Columnas / Política

El Salvador y los caudillos que se repiten

En lo que va de la administración Bukele han pasado cosas muy similares a las ocurridas con los dos partidos anteriores por parte de estos “rostros nuevos” que rápidamente se van pareciendo a los viejos.

Martes, 13 de octubre de 2020
Juan Martínez d'Aubuisson

En 1980, después del último golpe militar en la historia salvadoreña, en medio de un campo político con olor a pólvora, con el fantasma de la reforma agraria acechando los sueños de los terratenientes, y teniendo como marco una sociedad violenta y desigual que pronto se lanzaría al abismo, surgió un caudillo. Un hombre que prometía a los salvadoreños romper una lógica vieja que él llamaba corrupta y peligrosa. Ese hombre era mi tío materno. Se llamaba Roberto d´Aubuisson. 

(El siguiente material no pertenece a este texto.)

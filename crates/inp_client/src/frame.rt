//! A frame, and how it comes into the rings of clients.
ghost use Rattle.std.specs.Prelude.{◌≡◌, ℕ, ◌≤◌, ◌<◌, ◌++◌, true, length, map, All, IfSome};
ghost use Rattle.inp_model.specs.declared.limits.TheConstants.{CLIENTS_MAX};
ghost use Rattle.inp_model.specs.declared.stamped.TheConstants.{MOMENT_MAX};
ghost use Rattle.inp_ring.specs.Ring.{AreDifferent};
ghost use Rattle.inp_ring.specs.Store.{held_under, held_by, IsIdle};
ghost use Rattle.inp_client.specs.Locations.{clients_in, AreLocated};
ghost use Rattle.inp_client.specs.Member.{AreStored};
ghost use Rattle.inp_client.specs.Offered.{AreShared, IsOffered, IsEventOffered, IsEnteredTo, FitsInOneRun, TakesFrame, takers_in, with_run, are_reports_apart};

use crate::client::Client;
use crate::location::Location;
use inp_model::{CLIENTS_MAX, Event, MOMENT_MAX};
use inp_ring::{Cell, Store};
use slab::Slab;

/// A frame, as it is offered.
#[derive(Clone, Copy)]
pub struct Frame<'a> {
    pub events: &'a [Event],
    /// When it ended, in microseconds.
    pub moment: u64,
    /// The place of its step in the history.
    pub place: u32,
    /// The client that holds the grab.
    pub holder: Option<u32>,
}

/// A frame of at most so many events is put into the rings in one run.
pub const RUN_MAX: usize = 64;

/// Most frames have at most so many events (this project's choice). Less is set aside for their numbers.
pub const RUN_SHORT: usize = 4;

/// How many clients take a frame, where each that is offered it takes all of it. None tells nothing.
pub fn takers_of_all(
    locations: &[Location],
    slab: &Slab<Client>,
    store: &Store,
    frame: &Frame<'_>,
) -> Option<u32>
    requires located { AreLocated locations.now slab.now }
    requires few { length locations.now ≤ CLIENTS_MAX }
    ensures all { IfSome result (FitsInOneRun locations.now slab.now store.now frame.now) }
{
    let count = frame.events.len();
    if count > RUN_MAX || count > store.spare() as usize || !are_reports_apart(frame.events) {
        return None;
    }
    let takers = takers_of(locations, slab, count, frame.holder)?;
    if takers == 0 {
        return None;
    }
    Some(takers)
}

/// Whether no SYN_REPORT of a frame stands first or after another one.
fn are_reports_apart(frame: &[Event]) -> bool
    ensures apart { result ≡ are_reports_apart true frame.now }
{
    let mut behind = true;
    for event in frame {
        let is_report = event.is_report();
        if is_report && behind {
            return false;
        }
        behind = is_report;
    }
    true
}

/// How many clients are offered a frame of so many events, where each of them takes all. None tells nothing.
fn takers_of(
    locations: &[Location],
    slab: &Slab<Client>,
    count: usize,
    holder: Option<u32>,
) -> Option<u32>
    requires located { AreLocated locations.now slab.now }
    requires few { length locations.now ≤ CLIENTS_MAX }
    requires short { count ≤ 4096 }
    ensures takers { IfSome result (λ takers.
        takers ≡ takers_in holder (clients_in locations.now slab.now)) }
    ensures all { IfSome result (λ takers.
        All (TakesFrame holder count) (clients_in locations.now slab.now)) }
{
    let mut takers = 0;
    for location in locations {
        let client = &slab[location.key];
        if !client.is_offered_to(holder) {
            continue;
        }
        if !client.takes_all(count) {
            return None;
        }
        takers += 1;
    }
    Some(takers)
}

/// Puts a frame of at most `N` events in one run into the ring of each client that is offered it: so many, which all take
/// all of it. First comes a cell for each event, and then all their numbers enter each ring.
pub fn offer_run<const N: usize>(
    locations: &[Location],
    slab: &mut Slab<Client>,
    store: &mut Store,
    frame: &Frame<'_>,
    takers: u32,
)
    requires before { AreShared locations.now slab.old store.old }
    requires run { FitsInOneRun locations.now slab.old store.old frame.now takers }
    requires short { length frame.now.events.now ≤ N }
    requires few { N ≤ RUN_MAX }
    requires moment { frame.now.moment ≤ MOMENT_MAX }
    ensures { IsOffered frame.now locations.now slab.old slab.new store.old store.new }
{
    let mut numbers = [0; N];
    for at in 0..frame.events.len() {
        let cell = Cell {
            event: frame.events[at],
            now: frame.moment,
            place: frame.place,
        };
        numbers[at] = store.add_held_by(cell, takers);
    }
    append_each(
        locations,
        slab,
        &numbers[..frame.events.len()],
        frame.holder,
    );
}

/// Puts the numbers of a frame's cells into the ring of each client that the frame is offered to.
fn append_each(
    locations: &[Location],
    slab: &mut Slab<Client>,
    numbers: &[u32],
    holder: Option<u32>,
)
    requires located { AreLocated locations.now slab.old }
    requires room { All (TakesFrame holder (length numbers.now))
        (clients_in locations.now slab.old) }
    requires different { All (λ m. AreDifferent (m.ring.events ++ numbers.now))
        (clients_in locations.now slab.old) }
    ensures located { AreLocated locations.now slab.new }
    ensures members { clients_in locations.now slab.new
        ≡ map (with_run holder numbers.now) (clients_in locations.now slab.old) }
    ensures capacity { slab.new.capacity ≡ slab.old.capacity }
{
    for location in locations {
        slab[location.key].append_all(numbers, holder);
    }
}

/// Offers the events of a frame to the client in each location, one by one. There must be a client.
pub fn offer_events(
    locations: &[Location],
    slab: &mut Slab<Client>,
    store: &mut Store,
    frame: &Frame<'_>,
)
    requires before { AreShared locations.now slab.old store.old }
    requires some { 0 < length locations.now }
    requires few { length locations.now ≤ CLIENTS_MAX }
    requires moment { frame.now.moment ≤ MOMENT_MAX }
    ensures { IsOffered frame.now locations.now slab.old slab.new store.old store.new }
{
    for event in frame.events {
        let cell = Cell {
            event: *event,
            now: frame.moment,
            place: frame.place,
        };
        offer_cell(locations, slab, store, cell, frame.holder);
    }
}

/// Offers one event of a frame to the client in each location. Its cell stays where somebody takes it.
fn offer_cell(
    locations: &[Location],
    slab: &mut Slab<Client>,
    store: &mut Store,
    cell: Cell,
    holder: Option<u32>,
)
    requires before { AreShared locations.now slab.old store.old }
    requires some { 0 < length locations.now }
    requires few { length locations.now ≤ CLIENTS_MAX }
    requires moment { cell.now ≤ MOMENT_MAX }
    ensures { IsEventOffered cell holder locations.now slab.old slab.new store.old store.new }
{
    let number = store.add(cell);
    let taken = enter_each(locations, slab, store, number, cell, holder);
    if taken == 0 {
        store.free(number);
        return;
    }
    store.hold_many(number, taken);
}

/// Puts the number of a cell that nobody holds into the ring of each client that takes it, and says how many do.
fn enter_each(
    locations: &[Location],
    slab: &mut Slab<Client>,
    store: &mut Store,
    number: u32,
    cell: Cell,
    holder: Option<u32>,
) -> u32
    requires located { AreLocated locations.now slab.old }
    requires stored { AreStored store.old (clients_in locations.now slab.old) (λ n. 0) }
    requires only { (n : ℕ) → IsIdle store.old n → n ≡ number }
    requires cell { held_under store.old number ≡ held_by 0 cell }
    requires few { length locations.now ≤ CLIENTS_MAX }
    requires moment { cell.now ≤ MOMENT_MAX }
    ensures entered { IsEnteredTo (length locations.now) cell holder number locations.now
        slab.old slab.new store.old store.new result }
{
    let mut taken = 0;
    for location in locations {
        taken += u32::from(slab[location.key].enter(store, number, cell.event, holder));
    }
    taken
}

Mi tío Roberto fue militar en los años en que esto implicaba cosas terribles en América Latina. Perteneció a una generación de militares formados bajo la influencia de la Escuela de las Américas con materias como Guerra psicológica o Guerra contrainsurgente. Su generación se caracterizó, entre otras cosas, por  tecnificar la represión y hacer  que las brutales técnicas de tortura, espionaje e infiltración, que por años habían acumulado los guardias nacionales y personas civiles afines a los militares, maltratando campesinos descontentos y a los ladrones de café, se pusieran en función de “frenar” el avance del comunismo por estas tierras y perseguir enemigos políticos.

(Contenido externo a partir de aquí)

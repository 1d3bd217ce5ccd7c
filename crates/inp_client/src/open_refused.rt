//! Why a client is not opened.
ghost use Rattle.std.specs.Prelude.{◌≡◌};
ghost use Rattle.inp_client.specs.declared.open_refused.OpenRefused.TheVariants.{NoMemory as WantOfMemory};

use inp_model::NoMemory;
use std::error::Error;
use std::fmt;

/// Why a client is not opened.
#[derive(Clone, Copy, Debug, PartialEq, Eq)]
pub enum OpenRefused {
    /// As many clients are open as may be (`CLIENTS_MAX`).
    TooMany,
    /// Memory ran out.
    NoMemory,
}

impl fmt::Display for OpenRefused {
    ghost use Rattle.std.specs.Prelude.{Some};
    ghost use Rattle.inp_client.specs.OpenRefused.{open_refused_text};

    ghost output = { λ refused. Some (open_refused_text refused) };

    fn fmt<W: fmt::Write>(&self, f: &mut fmt::Formatter<W>) -> fmt::Result {
        match self {
            OpenRefused::TooMany => write!(f, "too many clients are open"),
            OpenRefused::NoMemory => write!(f, "out of memory"),
        }
    }
}

impl Error for OpenRefused {}

impl From<NoMemory> for OpenRefused {
    ghost from_gives = { λ _ refused. refused ≡ WantOfMemory };

    fn from(_: NoMemory) -> OpenRefused {
        OpenRefused::NoMemory
    }
}
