//! The tests of playing: of `inp_reader`, `inp_joy` and `inp_script`, of what no record of `tests/records` can show. Whole
//! plays are shown there.
//!
//! A crate with tests is proved twice, once without and once with them. So the crates under test have no tests of their
//! own. Their tests stand here, over public calls alone, in one file for each crate, and in `waiting` that of a client
//! of `inp_script` on a device. `common` has the keyboard and the actors of their records.
#![tactic(auto)]

#[cfg(test)]
mod common;
#[cfg(test)]
mod joystick;
#[cfg(test)]
mod reader;
#[cfg(test)]
mod script;
#[cfg(test)]
mod waiting;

Después del golpe de Estado de 1979, un golpe perpetrado por militares descontentos y con apoyo de buena parte de los intelectuales salvadoreños y de cierta ala de la iglesia católica, se cancelaron  dos instituciones importantes del aparato represivo del Estado: ORDEN (Organización Democrática Nacionalista), una institución que reclutaba a campesinos obreros para formar parte de un cuerpo paramilitar, y ANSESAL (Agencia Nacional de Seguridad Salvadoreña). Mi tío Roberto, quien fuera director de esta última por un tiempo muy breve, reagrupó a esos paramilitares y extrajo muchos archivos de inteligencia. Con ambos elementos, y con el apoyo de autoexpatriados ricos en Miami y Guatemala, dio nueva vida a los Escuadrones de la muerte. 

Mientras hacía todos estos movimientos, también creaba un movimiento político. Se trató de  un movimiento político de masas que terminó, luego de un proceso más bien corto, llamándose Alianza Republicana Nacionalista (Arena). Hoy suena, como mínimo, extraño, pero en los discursos de esos años mi tío Roberto conmovía a las multitudes hablándoles de la corrupción del Partido de Conciliación Nacional (PCN), al haber dado entrada a lo que él consideraba en esos años una medida socialista: la reforma agraria, y conmovía a cientos de campesinos y obreros hablando de la complicidad corrupta del Partido Demócrata Cristiano con los comunistas, el enemigo número uno de las élites y de buena parte de la población. Así nació Arena: acusando de corruptos y terroristas a sus opositores. 

Mi tío Roberto se paseó por las tarimas en sus multitudinarios mítines políticos arengando a unas  masas cansadas de un tipo de política militarista y temerosas de la llegada de un comunismo fabulado que comía niños, mataba viejitos, se robaba la tierra, la libertad y el progreso. 

Una de sus estrategias más efectivas, de tantas que tuvo, fue crear una categoría terrible a la cual llamó, entre otras cosas más fuertes, “enemigos de la patria”. En esta categoría metió al ala progresista de la Iglesia católica, a los defensores de derechos humanos, a la UCA, a sus opositores políticos, a los jesuitas, y a todos los que no estuviesen de su lado. Uno de los argumentos para hacerlos entrar en el mismo saco era que, según él, estaban siendo financiados todos desde un mismo origen: el comunismo internacional. 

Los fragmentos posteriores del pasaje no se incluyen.